Although this is similar to Python, it is not as technical as the latter. However, if you are unfamiliar with Go's many data types, you may struggle with this function.
2. Filtration
For example, if you wish to examine only the major genetic algorithm item of the Iris-versicolor species, begin by filtering the rows using the following.
This method will only return rows containing the Iris-versicolor species!
Finally, the syntax of Go and Python differs just slightly. When you consider Go's very simple operations, this modification isn't a major problem. However, the amount of words per program is higher in Perl than in Python.
Can Golang Be Used for Machine Learning?
Data scientists and AI pioneers have created a range of models to harness the potential of Machine Learning algorithms in data science. Developers have utilized these models to create software libraries that you may use to build a Machine Learning solution. Machine learning libraries are accessible in Go, just as they are in Python and Java. The Go machine learning library, on the other hand, is easier to learn and use than Python. It also has several advantages over Java, such as ease of use, efficiency, and concurrency, which make it preferable in some circumstances. To summarize, golang machine learning programs may be used to build scalable and sophisticated data science and machine learning systems. To answer the question, sure, golang can be used by machine learning developers as well as other tasks such as stack overflow developer surveys.
Furthermore, golang machine learning includes a variety of tools that aid data scientists and programmers in making the development process easier and more efficient. These tools include:
Gofmt: It automatically formats your Go code, greatly improving readability.
Gorun: This tool is used to add a 'bang line' to source code in order to run it, or to explicitly execute a code file that is comparable to it. When experimenting with Python code, Go developers typically utilize it.
Goget: The Goget utility downloads GitHub libraries and saves them to your GoPath for easy integration into your app project.
Godoc: a tool for parsing Go source code, including comments, and generating HTML or plain text documentation. The generated documentation is intimately related to the codes it covers and maybe explored with a single click.
Can I Use Golang for Data Science?
When talking about data science to develop neural networks, the first few names that come to mind are Java, Python, C++, Swift, SQL, and JavaScript.

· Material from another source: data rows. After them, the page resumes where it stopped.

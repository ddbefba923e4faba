//! A side that counts the rows that it tells a peer.
ghost use Rattle.std.specs.Prelude.{◌≡◌};

use merkle_bytes::{Encode, Reader};
use merkle_digest::{Key, PageDigest};
use merkle_replica::{Join, RowHasher};
use merkle_wire::{KeptReplica, KeptSide, OwnedGap, Settings, Telling};
use std::alloc::Global;
use std::marker::Model;

/// The byte before the rows of a page that is told by its rows.
const BY_ROWS: u8 = 0;

/// A side that answers as another does, and counts the rows that it tells, whether the peer has them or not.
#[derive(Drop)]
pub struct Counting<S> {
    alloc: Global,
    pub(crate) side: S,
    rows: u64,
}

impl<S> Model for Counting<S> {
    ghost Value = { S };

    ghost coded = { S.code };

    ghost view = { λ counting. counting.side };
}

impl<S> Counting<S> {
    /// The side, which has told nothing.
    pub fn new(alloc: Global, side: S) -> Self
        ensures { result ≡ side }
    {
        Counting {
            alloc,
            side,
            rows: 0,
        }
    }

    /// The side.
    pub fn side(&self) -> &S
        ensures { result.now ≡ self.now }
    {
        &self.side
    }

    /// The side, and how many rows it has told.
    pub fn into_parts(self) -> (S, u64)
        ensures { result.0 ≡ self }
    {
        let Counting { side, rows, .. } = self;
        (side, rows)
    }

    /// Counts the rows whose number stands in bytes from this place on.
    fn count_at(&mut self, bytes: &[u8], at: usize)
        ensures { self.new ≡ self.old }
    {
        if let Some(told) = bytes.get(at..) {
            let rows = Reader::new(self.alloc, told).count().unwrap_or(0);
            self.rows = self.rows.saturating_add(rows);
        }
    }
}

impl<
    const N: usize,
    K: Key + Encode,
    V: Join + Encode,
    H: RowHasher<N, K, V>,
    S: KeptSide<N, K, V, H, R>,
    R,
> KeptSide<N, K, V, H, R> for Counting<S> {
    type Error = S::Error;

    ghost contents = { S.contents };

    ghost is_sound = { S.is_sound };

    fn has_settings(&self, beside: &R, settings: &Settings<K>) -> bool {
        self.side.has_settings(beside, settings)
    }

    fn hash(&mut self, beside: &R) -> Result<(), S::Error> {
        self.side.hash(beside)
    }

    fn count(&mut self, beside: &R) -> Result<u64, S::Error> {
        self.side.count(beside)
    }

    fn root_digest(&mut self, beside: &R) -> Result<Option<PageDigest>, S::Error> {
        self.side.root_digest(beside)
    }

    fn tell_page(
        &mut self,
        alloc: Global,
        beside: &R,
        telling: Telling,
        gap: &OwnedGap<K>,
        bytes: &mut Vec<u8>,
    ) -> Result<(), S::Error> {
        let begun = bytes.len();
        self.side.tell_page(alloc, beside, telling, gap, bytes)?;
        if bytes.get(begun) == Some(&BY_ROWS) {
            self.count_at(bytes, begun.saturating_add(1));
        }
        Ok(())
    }

    fn add_value(&mut self, beside: &R, key: &K, bytes: &mut Vec<u8>) -> Result<bool, S::Error> {
        let is_there = self.side.add_value(beside, key, bytes)?;
        if is_there {
            self.rows = self.rows.saturating_add(1);
        }
        Ok(is_there)
    }

    fn add_part(
        &mut self,
        beside: &R,
        most_bytes: usize,
        gap: &OwnedGap<K>,
        bytes: &mut Vec<u8>,
    ) -> Result<(), S::Error> {
        let begun = bytes.len();
        self.side.add_part(beside, most_bytes, gap, bytes)?;
        self.count_at(bytes, begun);
        Ok(())
    }
}

impl<
    const N: usize,
    K: Key + Encode,
    V: Join + Encode,
    H: RowHasher<N, K, V>,
    S: KeptReplica<N, K, V, H>,
> KeptReplica<N, K, V, H> for Counting<S> {
    fn has_its_tree(&self) {
        self.side.has_its_tree();
    }
}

However, the field of data science is not restricted to these languages.
Other open-source programming languages are gradually but steadily climbing the list of the top open-source programming languages. The Go programming language is one such language that is swiftly becoming a developer's data frame structure choice.
Final Thought
To summarize, the Go programming language or Go syntax is an excellent language for developing a Machine Learning pipeline; among its many advantages is its intuitiveness. On the disadvantage, Golang's machine language is smaller than Python's.
This makes troubleshooting difficult, and automated distinction may be annoying. Furthermore, many of Go's packages lack GPU support, slowing down the AI development process.
Not only that but there is a little interchange with various sorts of machine language-related software. For example, the GoLearn pack includes its own Dataframe "Instance" class, which may or may not be compatible with GoTA's DataFrame object or even GoNum's class. Another example is the programming language created by the machine learning library.
Nonetheless, they compensate for this with parallelism and incredible speed; while not yet there, they have the potential to replace Python in ML applications. However, it appears to be underutilized in terms of user counts. This machine language's adoption looks to be slower than that of its competitors.